**YOUR OBJECTIVE:** From the entries below, please output exactly the lines starting at the one containing "#[derive(Drop)]" and ending at the one containing "the run's case.", both included.

**DATA:**
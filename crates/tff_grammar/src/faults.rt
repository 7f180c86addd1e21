//! Faults that the tokens of a text show.

use std::alloc::AllocError;
use tff_lexer::Token;

/// The name of a fault, in the order in which they count where several stand at one token.
#[derive(Clone, Copy, Debug, PartialEq, Eq)]
pub enum FaultName {
    /// No token begins.
    Lex,
    /// A token or a word that is supported nowhere, or not there.
    Unsupported,
    /// A statement of another language of the TPTP.
    Language,
    /// The role of a second conjecture.
    TwoConjectures,
    /// A token that opens level 501.
    TooDeep,
    /// A numeral below -2^127 or above 2^127 - 1.
    NumberTooWide,
    /// A token with which no text of the grammar goes on, or the end of a text that ends too early.
    Syntax,
}

/// The first fault of a text.
#[derive(Clone, Copy, Debug, PartialEq, Eq)]
pub struct Fault {
    /// Its name.
    pub name: FaultName,
    /// The byte of the fault, counted from 0: the first one of its token, the one at which no token begins, or the length of the text.
    pub at: u64,
    /// The token that stands there: None where none begins, and at the end.
    pub token: Option<Token>,
}

/// Why a text isn't read.
#[derive(Clone, Copy, Debug, PartialEq, Eq)]
pub enum ParseError {
    /// Memory is wanting.
    Memory,
    /// The text has a fault.
    Fault(Fault),
}

impl From<AllocError> for ParseError {
    ghost use Rattle.std.specs.Prelude.{◌≡◌};
    ghost use Rattle.tff_grammar.specs.declared.faults.ParseError.TheVariants.{Memory};

    ghost from_gives = { λ _ e. e ≡ Memory };

    fn from(_error: AllocError) -> ParseError {
        ParseError::Memory
    }
}

/// A fault, and how many tokens are left where it stands.
#[derive(Clone, Copy)]
pub(crate) struct Found {
    pub(crate) name: FaultName,
    pub(crate) left: usize,
}

/// Why reading stops.
#[derive(Clone, Copy)]
pub(crate) enum Stop {
    Memory,
    Fault(Found),
}

impl From<AllocError> for Stop {
    ghost use Rattle.std.specs.Prelude.{◌≡◌};
    ghost use Rattle.tff_grammar.specs.declared.faults.Stop.TheVariants.{Memory};

    ghost from_gives = { λ _ e. e ≡ Memory };

    fn from(_error: AllocError) -> Stop {
        Stop::Memory
    }
}
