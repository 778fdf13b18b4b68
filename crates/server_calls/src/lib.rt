// The server takes a message: the public call on bytes, with its refusals in their order.
#![tactic(auto)]

ghost use Rattle.std.specs.Prelude.{◌≡◌};
ghost use Rattle.calls.specs.Reply.{written_as};
ghost use Rattle.calls.specs.After.{after};
ghost use Rattle.server_calls.specs.Call.{server_takes};

use records::Server;
use terms::Refusal;

// The server takes a message, and its answer stands in the output, so long; or a refusal, with server and output as they were.
pub fn takes(server: &mut Server, s: &[u8], out: &mut [u8]) -> Result<usize, Refusal>
    ensures { after (written_as result) server.new out.new ≡ server_takes server.old s.now out.old }
{
    let x = message_read::read(s)?;
    let mut next = *server;
    let answer = server_awaits::does(&mut next, &x)?;
    let n = message_write::write(out, &answer)?;
    *server = next;
    Ok(n)
}
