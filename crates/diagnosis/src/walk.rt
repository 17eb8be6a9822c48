// A run that was walked once, to be asked of many fault numbers: a number on a cell that the specified machine never executes answers as
// that machine does, and only the others are replayed.
ghost use Rattle.std.specs.Prelude.{◌≡◌, ◌<◌};
ghost use Rattle.machine.specs.Head.{numbers};
ghost use Rattle.machine.specs.Runs.{run_machine, run_case};
ghost use Rattle.diagnosis.specs.Diagnosis.{misses};
ghost use Rattle.diagnosis.specs.Loops.{Walked};

use crate::{is_failing, is_missed};
use machine::fault::Fault;
use machine::head::Head;
use machine::replay::{Run, mark_executed};

// A run, whether its case fails, and marks at the cells that the specified machine executes.
#[derive(Drop)]
pub struct Walk<'a> {
    pub run: Run<'a>,
    failing: bool,
    marks: [u8; Head::CELLS],
    ghost walked: { Walked (run_machine run) (run_case run) failing marks },
}

impl<'a> Walk<'a> {
    // Walks a run by the specified machine: says whether its case fails, and marks the cells that it executes.
    pub fn of(run: &Run<'a>) -> Walk<'a>
        ensures { result.run ≡ run.now }
    {
        let mut marks = [0; Head::CELLS];
        mark_executed(&run.table, run.inputs, &mut marks);
        Walk {
            run: *run,
            failing: is_failing(run),
            marks,
        }
    }

    // Whether a number's machine fails to reproduce the run's case.
    pub fn is_missed(&self, number: usize) -> bool
        requires { number < numbers self.now.run.table.head }
        ensures { result ≡ misses self.now.run.table.head self.now.run.table.cells.now number (run_case self.now.run) }
    {
        let cell = Fault::numbered(self.run.table.head, number).cell;
        if self.marks[cell] == 0 {
            return self.failing;
        }
        is_missed(&self.run, number)
    }
}
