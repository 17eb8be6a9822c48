// Diagnosis (document 01, "Symptoms, conflict sets, verdict"): what one case says against a table and against a fault number.
// It rests on the machine's definition of a run and its laws, and on no byte of a cell.
#![tactic(auto)]

ghost use Rattle.std.specs.Prelude.{◌≡◌, ◌<◌, ◌≤◌, length, Some};
ghost use Rattle.machine.specs.Limits.{cells_most};
ghost use Rattle.machine.specs.Head.{numbers};
ghost use Rattle.machine.specs.Runs.{run_machine, run_case};
ghost use Rattle.diagnosis.specs.Diagnosis.{fails, misses, verdict_text, conflict_bytes};
ghost use Rattle.diagnosis.specs.Loops.{spread, narrowed, swept, swept_all, Bits};

use machine::head::Head;
use machine::replay::{Run, mark_executed};
use std::fmt;

// A run that was walked once, to be asked of many fault numbers.
pub mod walk;

// What the held cases say together.
#[derive(Clone, Copy, Debug, PartialEq, Eq)]
pub enum Verdict {
    // No case fails.
    Clear,
    // Some case fails and a fault explains all.
    Found,
    // Some case fails and no fault explains all.
    None,
}

impl fmt::Display for Verdict {
    ghost output = { λ verdict. Some (verdict_text verdict) };

    fn fmt<W: fmt::Write>(&self, f: &mut fmt::Formatter<W>) -> fmt::Result {
        f.write_str(match self {
            Verdict::Clear => "CLEAR",
            Verdict::Found => "FOUND",
            Verdict::None => "NONE",
        })
    }
}

// Whether a run's case fails.
pub fn is_failing(run: &Run<'_>) -> bool
    ensures { result ≡ fails (run_machine run.now) (run_case run.now) }
{
    !run.is_expected()
}

// Whether a number's machine fails to reproduce a run's case.
pub fn is_missed(run: &Run<'_>, number: usize) -> bool
    requires { number < numbers run.now.table.head }
    ensures { result ≡ misses run.now.table.head run.now.table.cells.now number (run_case run.now) }
{
    !run.is_reproduced(number)
}

// Writes one value at all 256 cells.
pub fn fill(out: &mut [u8], value: u8)
    requires { cells_most ≤ length out.old }
    ensures { out.new ≡ spread value out.old }
{
    out[..Head::CELLS].fill(value);
}

// 1 for a marked 1, else 0.
fn sweep_one(value: u8) -> u8
    ensures { result ≡ swept value }
{
    u8::from(value == 3)
}

// Keeps a 1 only where it was marked.
fn sweep(out: &mut [u8])
    requires { cells_most ≤ length out.old }
    ensures { out.new ≡ swept_all out.old }
{
    for value in &mut out[..Head::CELLS] {
        *value = sweep_one(*value);
    }
}

// Takes one run's conflict set into the candidates: of a failing case, only the cells of its conflict set stay.
pub fn narrow(run: &Run<'_>, out: &mut [u8])
    requires { Bits out.old }
    ensures { out.new ≡ narrowed (run_machine run.now) (run_case run.now) out.old }
{
    let found = run.symptoms();
    if found.count == 0 {
        return;
    }
    let steps = found.first + 1;
    mark_executed(&run.table, &run.inputs[..steps], out);
    sweep(out);
}

// Writes the conflict set of a run's case as 256 bytes of 0 or 1.
pub fn conflict(run: &Run<'_>, out: &mut [u8])
    requires { cells_most ≤ length out.old }
    ensures { out.new ≡ conflict_bytes (run_machine run.now) (run_case run.now) out.old }
{
    if !is_failing(run) {
        fill(out, 0);
        return;
    }
    fill(out, 1);
    narrow(run, out);
}
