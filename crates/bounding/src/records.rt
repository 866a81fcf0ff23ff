// Licensed to the Apache Software Foundation (ASF) under one
// or more contributor license agreements.  See the NOTICE file
// distributed with this work for additional information
// regarding copyright ownership.  The ASF licenses this file
// to you under the Apache License, Version 2.0 (the
// "License"); you may not use this file except in compliance
// with the License.  You may obtain a copy of the License at
//
//   http://www.apache.org/licenses/LICENSE-2.0
//
// Unless required by applicable law or agreed to in writing,
// software distributed under the License is distributed on an
// "AS IS" BASIS, WITHOUT WARRANTIES OR CONDITIONS OF ANY
// KIND, either express or implied.  See the License for the
// specific language governing permissions and limitations
// under the License.

// Changed: ported to Rattle from src/bounding.rs of parquet-geospatial 60.0.0. What `GeometryBounder` keeps is a plain record of its own,
// and its set of codes is a word of bits.

use interval::{Interval, WraparoundInterval};

// A set of type codes, a bit for each of the 28: by a rule of this library a page's record is plain numbers.
#[derive(Clone, Copy, PartialEq, Eq, Debug)]
pub struct CodeSet {
    pub bits: u32,
}

// What is kept of a list of shapes: x in three bounds, by the side of the hint's middle that a run lies on.
#[derive(Clone, Copy)]
pub struct PageRecord {
    pub x_left: Interval,
    pub x_mid: Interval,
    pub x_right: Interval,
    pub y: Interval,
    pub z: Interval,
    pub m: Interval,
    pub codes: CodeSet,
}

// What is told of a record. An axis without values is left out. x may wrap.
#[derive(Clone, Copy)]
pub struct Answer {
    pub x: Option<WraparoundInterval>,
    pub y: Option<Interval>,
    pub z: Option<Interval>,
    pub m: Option<Interval>,
    pub codes: CodeSet,
}
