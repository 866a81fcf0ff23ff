// Licensed to the Apache Software Foundation (ASF) under one
// or more contributor license agreements.  See the NOTICE file
// distributed with this work for additional information
// regarding copyright ownership.  The ASF licenses this file
// to you under the Apache License, Version 2.0 (the
// "License"); you may not use this file except in compliance
// with the License.  You may obtain a copy of the License at
//
//   http://www.apache.org/licenses/LICENSE-2.0
//
// Unless required by applicable law or agreed to in writing,
// software distributed under the License is distributed on an
// "AS IS" BASIS, WITHOUT WARRANTIES OR CONDITIONS OF ANY
// KIND, either express or implied.  See the License for the
// specific language governing permissions and limitations
// under the License.

// Changed: ported to Rattle from src/bounding.rs of parquet-geospatial 60.0.0. What `GeometryBounder` keeps is a plain record, merged
// with another bound by bound. Where just one half of the map has values, x is the ordinary pair.
ghost use Rattle.std.specs.Prelude.{◌≡◌, if◌then◌else◌, Some, None};
ghost use Rattle.interval.specs.Ordinary.{merged};
ghost use Rattle.interval.specs.Pairs.{empty, ends, inner_ends};
ghost use Rattle.bounding.specs.Laws.{Tells, Together};
ghost use Rattle.bounding.specs.Record as Record;
ghost use Rattle.bounding.specs.Told as Told;
ghost use Rattle.bounding.specs.Walk as Walk;
ghost use Rattle.bounding.specs.Walk.{kept};
ghost use Rattle.shapes.specs.Hulls.{four};

use crate::records::{Answer, CodeSet, PageRecord};
use interval::{Interval, IntervalTrait, WraparoundInterval};
use shapes::Hulls;

fn merge_if(test: bool, bounds: &Interval, hull: &Interval) -> Interval
    ensures { ends result ≡ (if test then merged (ends bounds.now) (ends hull.now) else ends bounds.now) }
{
    if test {
        bounds.merge_interval(hull)
    } else {
        *bounds
    }
}

// What is told of an axis, unless its bounds have no values.
fn shown<T: Copy>(bounds: &Interval, told: T) -> Option<T>
    ensures { result ≡ (if empty (ends bounds.now) then None else Some told) }
{
    (!bounds.is_empty()).then_some(told)
}

impl PageRecord {
    // The record of no shapes.
    pub fn empty() -> PageRecord
        ensures { kept result ≡ Walk.empty_record }
    {
        let none = Interval::empty();
        PageRecord {
            x_left: none,
            x_mid: none,
            x_right: none,
            y: none,
            z: none,
            m: none,
            codes: CodeSet::empty(),
        }
    }

    // The record once a run with these hulls is over, under a hint that is divided at `divide`.
    pub(crate) fn settled(&self, divide: f64, hulls: &Hulls) -> PageRecord
        ensures { kept result ≡ Walk.settle divide (kept self.now) (four hulls.now) }
    {
        let below = hulls.x.hi < divide;
        let above = divide < hulls.x.lo;
        PageRecord {
            x_left: merge_if(below, &self.x_left, &hulls.x),
            x_mid: merge_if(!below & !above, &self.x_mid, &hulls.x),
            x_right: merge_if(!below & above, &self.x_right, &hulls.x),
            y: self.y.merge_interval(&hulls.y),
            z: self.z.merge_interval(&hulls.z),
            m: self.m.merge_interval(&hulls.m),
            codes: self.codes,
        }
    }

    // Both records, merged bound by bound.
    pub fn merge(&self, other: &PageRecord) -> PageRecord
        ensures exact { kept result ≡ Record.merge (kept self.now) (kept other.now) }
        ensures law { Together (kept self.now) (kept other.now) (kept result) }
    {
        PageRecord {
            x_left: self.x_left.merge_interval(&other.x_left),
            x_mid: self.x_mid.merge_interval(&other.x_mid),
            x_right: self.x_right.merge_interval(&other.x_right),
            y: self.y.merge_interval(&other.y),
            z: self.z.merge_interval(&other.z),
            m: self.m.merge_interval(&other.m),
            codes: self.codes.union(other.codes),
        }
    }

    // All of x, in one ordinary pair.
    fn all(&self) -> Interval
        ensures { ends result ≡ Told.all (kept self.now) }
    {
        self.x_left
            .merge_interval(&self.x_mid)
            .merge_interval(&self.x_right)
    }

    // Whether x is told as one ordinary pair.
    fn ordinary(&self, hint: &Interval) -> bool
        ensures { result ≡ Told.ordinary (ends hint.now) (kept self.now) }
    {
        let all = self.all();
        let outer = (self.x_left.hi - hint.lo) + (hint.hi - self.x_right.lo);
        !self.x_mid.is_empty()
            | !hint.contains_interval(&all)
            | (self.x_left.is_empty() != self.x_right.is_empty())
            | (all.width() < outer)
    }

    // The pair that is told of x: lo above hi where it wraps.
    pub fn x(&self, hint: &Interval) -> WraparoundInterval
        ensures { inner_ends result ≡ Told.told_x (ends hint.now) (kept self.now) }
    {
        let inner = if self.ordinary(hint) {
            self.all()
        } else {
            Interval {
                lo: self.x_right.lo,
                hi: self.x_left.hi,
            }
        };
        WraparoundInterval { inner }
    }

    // What is told of the record under a hint.
    pub fn tell(&self, hint: &Interval) -> Answer
        ensures exact { Walk.answer result ≡ Told.told (ends hint.now) (kept self.now) }
        ensures law { Tells (ends hint.now) (kept self.now) (Walk.answer result) }
    {
        let all = self.all();
        let x = self.x(hint);
        Answer {
            x: shown(&all, x),
            y: shown(&self.y, self.y),
            z: shown(&self.z, self.z),
            m: shown(&self.m, self.m),
            codes: self.codes,
        }
    }
}
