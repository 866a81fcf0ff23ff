// The laws of runs, hulls, records and code sets that contracts elsewhere rest on.
ghost use Rattle.bounding.specs.Laws.{HullsExact, KeepsMembers, MergesLists, MergesPages, RunsExact, TellsMembers};
ghost use Rattle.bounding.specs.Numbers.{NumbersExact};

// Carries them as its contract. It does nothing.
pub fn laws_hold()
    ensures runs { RunsExact }
    ensures hulls { HullsExact }
    ensures lists { MergesLists }
    ensures pages { MergesPages }
    ensures kept { KeepsMembers }
    ensures told { TellsMembers }
    ensures codes { NumbersExact }
{}
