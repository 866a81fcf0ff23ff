// The set of the type codes that a bounder met: a bit for each of the 28.
ghost use Rattle.std.specs.Prelude.{◌≡◌, ◌^◌, ◌<◌, IfOk, bit_or};
ghost use Rattle.bounding.specs.Numbers.{numbers};
ghost use Rattle.bounding.specs.Record as Record;

use crate::records::CodeSet;
use shapes::Code;
use std::alloc::{AllocError, Global};

// How many codes there are.
const CODES: u32 = 28;

// The place of a code's bit: places rise with the codes.
fn place(code: Code) -> u32
    ensures value { result ≡ Record.place code }
    ensures bound { result < 28 }
{
    u32::from(code.dim) * 7 + u32::from(code.kind) - 1
}

impl CodeSet {
    pub fn empty() -> CodeSet
        ensures { result.bits ≡ 0 }
    {
        CodeSet { bits: 0 }
    }

    // The set with that code too.
    pub fn with(self, code: Code) -> CodeSet
        ensures { result.bits ≡ bit_or self.bits (2 ^ Record.place code) }
    {
        CodeSet {
            bits: self.bits | (1 << place(code)),
        }
    }

    pub fn union(self, other: CodeSet) -> CodeSet
        ensures { result.bits ≡ bit_or self.bits other.bits }
    {
        CodeSet {
            bits: self.bits | other.bits,
        }
    }

    // The codes in rising order, each once.
    pub fn numbers(self, heap: Global) -> Result<Vec<u32>, AllocError>
        ensures { IfOk result (λ v. v.items ≡ numbers self.bits) }
    {
        let mut found = Vec::new(heap);
        // Each place of a bit in turn, from which its code is reckoned; the bits are read off from the lowest on, as `listed` has them.
        let mut rest = self.bits;
        for at in 0..CODES {
            if rest % 2 == 1 {
                found.push(1000 * (at / 7) + at % 7 + 1)?;
            }
            rest /= 2;
        }
        Ok(found)
    }
}
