// Bounds of shapes: what is kept of them, and what is told of it.
#![tactic(auto)]

mod bounder;
mod codes;
mod laws;
mod record;
mod records;

pub use bounder::{CountingBounder, GeometryBounder};
pub use laws::laws_hold;
pub use records::{Answer, CodeSet, PageRecord};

**EXERCISE ANSWER:**
#[derive(Drop)]
pub struct Walk<'a> {
    pub run: Run<'a>,
    failing: bool,
    marks: [u8; Head::CELLS],
    ghost walked: { Walked (run_machine run) (run_case run) failing marks },
}

impl<'a> Walk<'a> {
    // Walks a run by the specified machine: says whether its case fails, and marks the cells that it executes.
    pub fn of(run: &Run<'a>) -> Walk<'a>
        ensures { result.run ≡ run.now }
    {
        let mut marks = [0; Head::CELLS];
        mark_executed(&run.table, run.inputs, &mut marks);
        Walk {
            run: *run,
            failing: is_failing(run),
            marks,
        }
    }

    // Whether a number's machine fails to reproduce the run's case.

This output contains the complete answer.